1; the clutch block member also has a non-circular, constant curved surface, and has a circumferential surface that is radially opposed to, substantially coaxial with, and in an adjacent relationship with the inner circumferential surface; ; During crushing operation, the elastomer unit is deformed by the reaction torque applied to the crusher head, and during no-load operation, the elastomer unit damps the vibrations generated within the crusher, and provides sufficient resistance torque, causing the crusher head to spin together with the eccentric body. A spin stop device characterized in that it prevents the spin from occurring. (2) The crusher head is positioned such that the crusher head rotates around the apex of rotation, and the adjacent surfaces of the clutch block member and the elastomer integrally cross a horizontal plane passing through the apex of the scissors rotation [-, the elastomer integrally Claim 111 characterized in that amorphous and linear deformations along the direction are minimized, and the action exerted on the elastomer body is primarily a relative angular displacement and associated deformation. Spin stop device as described in section. (3) An axial opening 8 in which the elastomer is fixed to the crusher head and has the inner circumferential surface described above.

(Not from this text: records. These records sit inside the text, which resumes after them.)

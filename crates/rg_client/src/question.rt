// Questions, and their bytes on a link.
ghost use Rattle.std.specs.Prelude.{◌≡◌, List, ℕ, IfOk, OnOk, OnErr, MatchResult, string_bytes};
ghost use Rattle.std.specs.Str.{chars};
ghost use mathlib.Core.List.{IsPrefix};
ghost use Rattle.rg_http.specs.Answers.{Counts, Wrote};
ghost use Rattle.rg_client.specs.Questions.{question_text};

use rg_http::{FrameFault, write_whole};
use rg_ports::Link;
use std::alloc::{AllocError, Global};

/// What a service is asked for: a GET of the target (RFC 9112, section 3). Its parts are written as they are, so who makes them sees
/// to it that none holds CR or LF, and the target no blank.
#[derive(Clone, Copy)]
pub struct Question<'a> {
    /// A path and its query, as `/path?name=value` (section 3.2.1).
    pub target: &'a str,
    /// The service's host, with its port where that isn't 80 (section 3.2).
    pub host: &'a str,
    /// Who asks, in the field `x-user`.
    pub user: &'a str,
}

// The bytes of a question.
#[tactic(auto, unfolding(crate::specs::Questions::question_text))]
fn question_text(alloc: Global, target: &str, host: &str, user: &str) -> Result<String, AllocError>
    ensures { IfOk result
        (λ s. string_bytes s ≡ question_text (chars target.now) (chars host.now) (chars user.now)) }
{
    format!(in alloc; "GET {target} HTTP/1.1\r\nHost: {host}\r\nx-user: {user}\r\n\r\n")
}

/// Writes a question whole.
pub(crate) fn send<T: Link>(
    alloc: Global,
    link: &mut T,
    question: &Question,
) -> Result<(), FrameFault>
    ensures ok { OnOk result
        (Wrote (T.held link.old) (T.held link.new) (question_text (chars question.now.target.now)
        (chars question.now.host.now) (chars question.now.user.now))) }
    ensures err { OnErr result ((part : List ℕ) × Wrote (T.held link.old) (T.held link.new) part
        × IsPrefix part (question_text (chars question.now.target.now) (chars question.now.host.now) (chars question.now.user.now))) }
    ensures faults { MatchResult result (λ _. T.faults link.new ≡ T.faults link.old)
        (λ fault. Counts fault (T.faults link.old) (T.faults link.new)) }
    ensures unread { (T.left link.new ≡ T.left link.old) × (T.ended link.new ≡ T.ended link.old) }
{
    let text = question_text(alloc, question.target, question.host, question.user)?;
    write_whole(link, text.as_bytes())?;
    Ok(())
}
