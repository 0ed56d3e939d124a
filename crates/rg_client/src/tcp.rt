// Links to a service over the network. Which bytes pass through them is trusted.
ghost use Rattle.std.specs.Prelude.{◌≡◌, false, IfOk};

use rg_base::Failed;
use rg_ports::TcpLink;
use std::io;
use std::net::{Net, TcpStream, ToSocketAddrs};
use std::time::Duration;

// The first of the address's hosts that answers in time. Reads and writes have the same limit.
fn stream_to<R: Net<Stream = TcpStream>>(
    net: &R,
    address: &str,
    limit: Duration,
) -> io::Result<TcpStream> {
    let mut last = io::Error::from(io::ErrorKind::NotFound);
    for host in address.to_socket_addrs(net)? {
        match TcpStream::connect_timeout(net, &host, limit) {
            Ok(stream) => {
                stream.set_read_timeout(Some(limit))?;
                stream.set_write_timeout(Some(limit))?;
                return Ok(stream);
            }
            Err(error) => last = error,
        }
    }
    Err(last)
}

/// A link to a service. The address is a host or an IP address, and a port, as `127.0.0.1:6080`; of several hosts the first that answers is
/// taken. Connecting to one takes so many seconds at most, and so does each read and each write of the link: one that takes longer
/// fails. With no second it fails.
pub fn connect<R: Net<Stream = TcpStream>>(
    net: &R,
    address: &str,
    seconds: u64,
) -> Result<TcpLink<TcpStream>, Failed>
    ensures { IfOk result (λ link. link ≡ record { ended = false; faults = 0 }) }
{
    match stream_to(net, address, Duration::from_secs(seconds)) {
        Ok(stream) => Ok(TcpLink::new(stream)),
        Err(_) => Err(Failed),
    }
}
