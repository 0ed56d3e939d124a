// Why there is no reply.
use rg_base::NoMemory;
use rg_http::FrameFault;
use thiserror::Error;

/// Why a question has no reply. After any of these the link is of no more use.
#[derive(Clone, Copy, Debug, PartialEq, Eq, Error)]
pub enum ClientFault {
    #[error("the link failed")]
    Failed,
    /// Before a whole reply came.
    #[error("the link ended before its reply")]
    Ended,
    /// What came is no reply, or one that isn't read: its head has over 16,384 bytes or 64 fields, it isn't final, comes in a coding, or
    /// has no one `Content-Length` of at most 256 MiB.
    #[error("the reply isn't one that is read")]
    Unreadable,
    #[error("memory was refused")]
    NoMemory,
}

impl From<FrameFault> for ClientFault {
    ghost use Rattle.rg_client.specs.Places.{IsFault};

    ghost from_gives = { λ frame f. IsFault frame f };

    fn from(fault: FrameFault) -> ClientFault {
        match fault {
            FrameFault::Failed => ClientFault::Failed,
            FrameFault::NoMemory => ClientFault::NoMemory,
        }
    }
}

impl From<NoMemory> for ClientFault {
    ghost use Rattle.std.specs.Prelude.{◌≡◌};
    ghost use Rattle.rg_client.specs.declared.fault.ClientFault.TheVariants as fault;

    ghost from_gives = { λ _ f. f ≡ fault.NoMemory };

    fn from(_: NoMemory) -> ClientFault {
        ClientFault::NoMemory
    }
}
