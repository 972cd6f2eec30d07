// Rounding to an increment: one text for every number type that can be rounded, the sign kept apart, nine modes.
// `WideRounder` rounds; `IncrementRounder` is for callers who know a type's limit alone, and has it round what their numbers are worth.
#![tactic(auto)]

ghost use Rattle.std.specs.Prelude.{◌≡◌};
ghost use Rattle.rounding.specs.Rounding.{unsigned_of};
ghost use Rattle.rounding.specs.Words.{RoundsAsAsked, OneAnswer, NoneNearer};
ghost use Rattle.rounding.specs.Pairs.{OnePair};

mod count;
mod limited;
mod limited_pair;
mod limited_rounder;
mod pair;
mod quotient;
mod roundable;
mod rounder;
#[cfg(test)]
mod tests;

pub use limited::Roundable;
pub use limited_rounder::IncrementRounder;
pub use pair::round_timespec;
pub use quotient::Quotient;
pub use roundable::WideRoundable;
pub use rounder::WideRounder;

#[derive(Clone, Copy, Debug, PartialEq, Eq)]
pub enum RoundingMode {
    Ceil,
    Floor,
    Expand,
    Trunc,
    HalfCeil,
    HalfFloor,
    HalfExpand,
    HalfTrunc,
    HalfEven,
}

#[derive(Clone, Copy, Debug, PartialEq, Eq)]
pub enum UnsignedRoundingMode {
    Infinity,
    Zero,
    HalfInfinity,
    HalfZero,
    HalfToEven,
}

impl RoundingMode {
    // The mode at a sign, for a number's size.
    fn at_sign(self, positive: bool) -> UnsignedRoundingMode
        ensures { result ≡ unsigned_of self positive }
    {
        match (self, positive) {
            (RoundingMode::Ceil, true) | (RoundingMode::Floor, false) | (RoundingMode::Expand, _) =>
                UnsignedRoundingMode::Infinity,
            (RoundingMode::Floor, true) | (RoundingMode::Ceil, false) | (RoundingMode::Trunc, _) =>
                UnsignedRoundingMode::Zero,
            (RoundingMode::HalfCeil, true)
            | (RoundingMode::HalfFloor, false)
            | (RoundingMode::HalfExpand, _) => UnsignedRoundingMode::HalfInfinity,
            (RoundingMode::HalfFloor, true)
            | (RoundingMode::HalfCeil, false)
            | (RoundingMode::HalfTrunc, _) => UnsignedRoundingMode::HalfZero,
            (RoundingMode::HalfEven, _) => UnsignedRoundingMode::HalfToEven,
        }
    }
}

/// The laws of rounding, each proved.
pub fn laws_hold()
    ensures rounds { RoundsAsAsked }
    ensures single { OneAnswer }
    ensures nearest { NoneNearer }
    ensures pairs { OnePair }
{}
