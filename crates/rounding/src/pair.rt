// The pair of seconds and nanoseconds as one number to round.
ghost use Rattle.std.specs.Prelude.{◌≡◌, ◌+◌, ◌*◌, ◌^◌, ◌<◌, pos, ◌<ℤ◌, unsigned_abs};
ghost use Rattle.clock.specs.Instants.{worth};
ghost use Rattle.rounding.specs.Beside.{beside_below};
ghost use Rattle.rounding.specs.Rounding.{rounded_to};
ghost use Rattle.std.proofs.Common.{rules};

use crate::{RoundingMode, WideRoundable, WideRounder};
use clock::Timespec;

impl WideRoundable for Timespec {
    ghost value = { λ pair. worth pair };

    ghost room = { λ pair step. unsigned_abs (worth pair) + unsigned_abs (worth step) < 2 ^ 63 * 1000000000 };

    ghost held = { λ z. unsigned_abs z < 2 ^ 63 * 1000000000 };

    ghost formed = { λ pair. pair.nanos < 1000000000 };

    ghost reached = { λ pair step z _. beside_below (unsigned_abs (worth pair)) (unsigned_abs (worth step)) (unsigned_abs z) (2 ^ 63 * 1000000000) };

    ghost may_turn = { Prim.search rules };

    ghost turned = { Prim.search rules };

    ghost narrow = { Prim.search rules };

    fn wide_worth(self) -> i128 {
        i128::from(self)
    }

    fn of_wide_worth(worth: i128) -> Timespec {
        // The casts lose nothing, which is proved; `try_from` would add branches that never come.
        Timespec {
            seconds: worth.div_euclid(1_000_000_000) as i64,
            nanos: worth.rem_euclid(1_000_000_000) as u32,
        }
    }
}

/// A pair rounded to a multiple of an increment, its nanoseconds below 10^9.
pub fn round_timespec(number: Timespec, increment: Timespec, mode: RoundingMode) -> Timespec
    requires positive { pos 0 <ℤ worth increment }
    requires room { unsigned_abs (worth number) + unsigned_abs (worth increment) < 2 ^ 63 * 1000000000 }
    ensures value { worth result ≡ rounded_to mode (worth number) (unsigned_abs (worth increment)) }
    ensures formed { result.nanos < 1000000000 }
{
    WideRounder::from_signed_num(number, increment).round(mode)
}
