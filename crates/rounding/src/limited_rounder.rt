// A number with a limit and an increment, to be rounded by any mode. What is rounded is its worth, as a count of 128 bits.
ghost use Rattle.std.specs.Prelude.{◌≡◌, ◌+◌, ◌<◌, not, pos, ◌<ℤ◌, int_lt, unsigned_abs, ⊤};

use crate::{Roundable, RoundingMode, WideRounder};
use std::alloc::AllocError;

// A type of its own, since `WideRounder` asks for a `WideRoundable`.
pub struct IncrementRounder<N: Roundable> {
    // Told once, as in `WideRounder`.
    pub positive: bool,
    pub dividend: N,
    pub divisor: N,
    ghost signed: { positive ≡ not (int_lt (N.Roundable.value dividend) (pos 0)) },
}

// By hand, since a derive is refused on a generic struct with a ghost field.
impl<N: Roundable> Clone for IncrementRounder<N> {
    ghost is_clone = { λ x y. y ≡ x };

    ghost is_infallible = { λ _. ⊤ };

    fn clone(&self) -> Result<IncrementRounder<N>, AllocError> {
        Ok(*self)
    }
}

impl<N: Roundable> Copy for IncrementRounder<N> {}

impl<N: Roundable> IncrementRounder<N> {
    ghost use Rattle.rounding.specs.Rounding.{rounded_to};

    pub fn from_signed_num(number: N, increment: N) -> IncrementRounder<N>
        ensures { (result.positive ≡ not (int_lt (N.Roundable.value number) (pos 0))) × (result.dividend ≡ number) × (result.divisor ≡ increment) }
    {
        IncrementRounder {
            positive: number.worth() >= 0,
            dividend: number,
            divisor: increment,
        }
    }

    /// The number rounded, for which there is room below the limit.
    pub fn round(self, mode: RoundingMode) -> N
        requires holds { pos 0 <ℤ N.Roundable.value self.divisor }
        requires room { unsigned_abs (N.Roundable.value self.dividend) + unsigned_abs (N.Roundable.value self.divisor) < N.Roundable.limit }
        ensures value { N.Roundable.value result ≡ rounded_to mode (N.Roundable.value self.dividend) (unsigned_abs (N.Roundable.value self.divisor)) }
        ensures near { unsigned_abs (N.Roundable.value result) < unsigned_abs (N.Roundable.value self.dividend) + unsigned_abs (N.Roundable.value self.divisor) }
        ensures formed { N.Roundable.formed result }
    {
        let worths = WideRounder {
            positive: self.positive,
            dividend: self.dividend.worth(),
            divisor: self.divisor.worth(),
        };
        N::of_worth(worths.round(mode))
    }
}
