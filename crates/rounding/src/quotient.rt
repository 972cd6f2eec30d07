// A quotient of two numbers without a sign, and the whole multiples of the divisor around it.
ghost use Rattle.std.specs.Prelude.{◌≡◌, ◌+◌, ◌*◌, ◌/◌, ◌%◌, ◌^◌, ◌<◌, ◌==◌};

use crate::UnsignedRoundingMode;
use std::cmp::Ordering;

/// A dividend over a divisor above zero.
#[derive(Clone, Copy, Debug, PartialEq, Eq)]
pub struct Quotient {
    pub dividend: u128,
    pub divisor: u128,
    ghost some: { 0 < divisor },
}

impl Quotient {
    ghost use Rattle.rounding.specs.Rounding.{half_of, applied};

    pub fn is_exact(self) -> bool
        ensures { result ≡ (self.dividend % self.divisor == 0) }
    {
        self.dividend.is_multiple_of(self.divisor)
    }

    /// Where what is left lies from half of the divisor.
    pub fn compare_remainder(self) -> Ordering
        ensures { result ≡ half_of (self.dividend % self.divisor) self.divisor }
    {
        let past = self.dividend % self.divisor;
        past.cmp(&(self.divisor - past))
    }

    /// Whether the whole part is even.
    pub fn is_even_cardinal(self) -> bool
        ensures { result ≡ (self.dividend / self.divisor % 2 == 0) }
    {
        (self.dividend / self.divisor).is_multiple_of(2)
    }

    /// The last multiple that is not above.
    pub fn result_floor(self) -> u128
        ensures { result ≡ self.dividend / self.divisor * self.divisor }
    {
        self.dividend - self.dividend % self.divisor
    }

    /// The first multiple above.
    pub fn result_ceil(self) -> u128
        requires { (self.dividend / self.divisor + 1) * self.divisor < 2 ^ 128 }
        ensures { result ≡ (self.dividend / self.divisor + 1) * self.divisor }
    {
        self.result_floor() + self.divisor
    }

    /// The multiple that the mode takes.
    pub fn rounded(self, mode: UnsignedRoundingMode) -> u128
        requires { self.dividend + self.divisor < 2 ^ 128 }
        ensures value { result ≡ applied mode self.dividend self.divisor * self.divisor }
        ensures near { result < self.dividend + self.divisor }
    {
        let down = self.result_floor();
        if self.is_exact() {
            return down;
        }
        let up = self.result_ceil();
        match (mode, self.compare_remainder()) {
            (UnsignedRoundingMode::Zero, _) => down,
            (UnsignedRoundingMode::Infinity, _) => up,
            (_, Ordering::Less) => down,
            (_, Ordering::Greater) => up,
            (UnsignedRoundingMode::HalfZero, Ordering::Equal) => down,
            (UnsignedRoundingMode::HalfInfinity, Ordering::Equal) => up,
            (UnsignedRoundingMode::HalfToEven, Ordering::Equal) => {
                if self.is_even_cardinal() { down } else { up }
            }
        }
    }
}
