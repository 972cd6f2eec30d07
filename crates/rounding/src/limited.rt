// A number type with a number of each worth below one limit, which is all that its callers need to know. A type whose worths go further
// or leave some out is a `WideRoundable`.
ghost use Rattle.std.specs.Prelude.{◌≡◌, ℕ, ◌^◌, ◌<◌, ℤ, ⊤, unsigned_abs};

use crate::WideRoundable;

pub trait Roundable: Copy {
    // what a number is worth
    ghost value: { Self → ℤ };

    // numbers are worth any number nearer to zero than this
    ghost limit: { ℕ };

    // a number is in the normal form of its worth
    ghost formed: { Self → Type 0 };

    fn worth(self) -> i128
        ensures value { result ≡ value self }
        ensures bound { unsigned_abs result < 2 ^ 126 };

    fn of_worth(worth: i128) -> Self
        requires { unsigned_abs worth < limit }
        ensures value { value result ≡ worth }
        ensures formed { formed result };
}

impl Roundable for i64 {
    ghost value = { λ x. x };

    ghost limit = { 2 ^ 63 };

    ghost formed = { λ _. ⊤ };

    fn worth(self) -> i128 {
        self.wide_worth()
    }

    fn of_worth(worth: i128) -> i64 {
        i64::of_wide_worth(worth)
    }
}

1, the clutch block member has a cross-sectional shape similar to the cross-sectional shape of the opening, but with slightly different dimensions, so that the friction and deformation components, which together form the overall resistance torque, have different characteristics. Claim 12 in which the feature 41I is that
Spin stop device as described in section. (4) The clutch block member is fixed to the frame 10 of the crusher and attached to a fixed spindle extending in the axial direction, and the spindle extends in the axial direction for conveying lubricating oil to the interface between the clutch block member and the elastomer. 4. A spin stop device as claimed in claim 3, characterized in that it is provided with a channel 68 that has a cylindrical shape. (5) The spin stop device according to claim 3aK, wherein the cross-sectional shape is a square with chamfered corners. (bJ frame and said frame K) Ijj) A stationary assembly including a crusher bowl attached thereto and a fixed assembly pivoting within the crusher bowl about a pivot apex to crush the reel between the head and the bowl. A crusher head is attached to the crusher head, and an eccentric body is rotatably driven around an axis and has a crushing surface on which a part of the head is pivotally supported. In a spin stop device fIL for a conical crusher which imparts a spin torque to the head that tends to spin the head in the same direction,
an elastomer 1 integrally attached and shouldering the engagement surface; connected to the other of the fixing assembly and the head, and the elastomer 1 integrally shouldering the engagement surface;
．． a clutch block member having an engaging surface that faces and can be secured to the engaging surface of the elastomer integrated therein; A certain amount of torque is required to deform the elastomer unit so that the passing retaining surfaces can rotate relative to each other, and the torque from the bowl is larger than the above-mentioned constant torque required to deform the elastomer unit during load operation. The crusher head can rotate against the crusher bowl due to the reaction torque applied to the head via the crushed rock, and when no load is applied, the elastomer unit provides a resistance torque greater than the above spin torque, and the head acts as an eccentric body. A spin stop device characterized in that it has a lock to prevent it from spinning together.